December 29, 2003

Can Bigots Pass Non-Bigoted Law?

This article at reviews the US 11th Circuit Appeals Court decision to permit a felon re-enfranchisement suit to proceed to trial. The District Court had granted summary judgment to the state of Florida. Key to the finding was racist commentary in the 1868 Florida Constitutional Convention.

The Court opined: "We conclude that an original discriminatory purpose behind Florida's felon disenfranchisement provision establishes an equal protection violation that persists with the provision unless it is subsequently reenacted on the basis of an independent, nondiscriminatory purpose,"

According to an Orlando Sentinel article, Florida revisited the issue and passed a similar voting ban in 1968. The District Court had granted summary judgment on the grounds that no evidence had been presented that the 1968 law (the one actually being challenged) had racist intent.

Now the likelihood of ultimate success of this class action suit is low but what's unsettling about the 2-1 majority opinion is that the logic would permit any law adopted during the time of widespread racism (which was never just in the South) to be challenged on these grounds. Trials are long, expensive, uncertain affairs. The 11th Circuit has just handed defense lawyers all across the country a tool for making them longer and more expensive.

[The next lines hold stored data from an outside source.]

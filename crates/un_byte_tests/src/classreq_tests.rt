//! Requests in and out of place, and each public call once.

use std::test::Fail;
use un_classreq::{Device, Reply, Setup, Why};
use un_frame::{Class, Params};

/// SET_NTB_FORMAT with 0.
const SET_FORMAT: [u8; 8] = [0x21, 0x84, 0, 0, 0, 0, 0, 0];

/// SET_INTERFACE with 1.
const SET_INTERFACE: [u8; 8] = [0x01, 0x0b, 1, 0, 1, 0, 0, 0];

/// The reason of a stall.
fn stalled(reply: Reply) -> Option<Why> {
    match reply {
        Reply::Stall(why) => Some(why),
        _ => None,
    }
}

#[test]
fn stalls(rt: HostRuntime) -> Result<(), Fail> {
    let mut ncm = Device::make(rt.alloc(), &Params::of_class(Class::Ncm16))?;
    let interface = ncm.control(rt.alloc(), &Setup::from_bytes(&SET_INTERFACE), &[]);
    assert_eq!(rt; stalled(interface), None);
    let format = Setup::from_bytes(&SET_FORMAT);
    assert_eq!(rt; format.to_bytes(), SET_FORMAT);
    assert_eq!(rt;
        stalled(ncm.control(rt.alloc(), &format, &[])),
        Some(Why::State)
    );
    let mut ecm = Device::make(rt.alloc(), &Params::of_class(Class::Ecm))?;
    assert_eq!(rt;
        stalled(ecm.control(rt.alloc(), &format, &[])),
        Some(Why::Unknown)
    );
    Ok(())
}

#[test]
fn sends_what_is_asked_for(rt: HostRuntime) -> Result<(), Fail> {
    let mut device = Device::make(rt.alloc(), &Params::of_class(Class::Ncm16))?;
    let asked = Setup::from_bytes(&[0xa1, 0x80, 0, 0, 0, 0, 6, 0]);
    match device.control(rt.alloc(), &asked, &[]) {
        Reply::Sent(bytes) => {
            assert_eq!(rt; bytes.as_slice(), [0x1c, 0, 1, 0, 0, 0x40].as_slice())
        }
        _ => assert!(rt; false, "the parameters are refused"),
    }
    Ok(())
}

It's also a decision that will likely bubble to the surface in odd ways. For instance, most state bans on money going to religious schools were passed in a fit of anti-catholic bigotry when public schools were dominated by Protestants. These "Blaine amendments", as they are known, are odious stains on US law that should be gotten rid of. But the logic of the decision would paint the ACLU, AFT, NEA, and a raft of modern liberal supporters as sectarian bigots. And much as I would like Blaine to be buried, spreading the charge of anti-Catholic bigotry around this widely isn't the way to do it.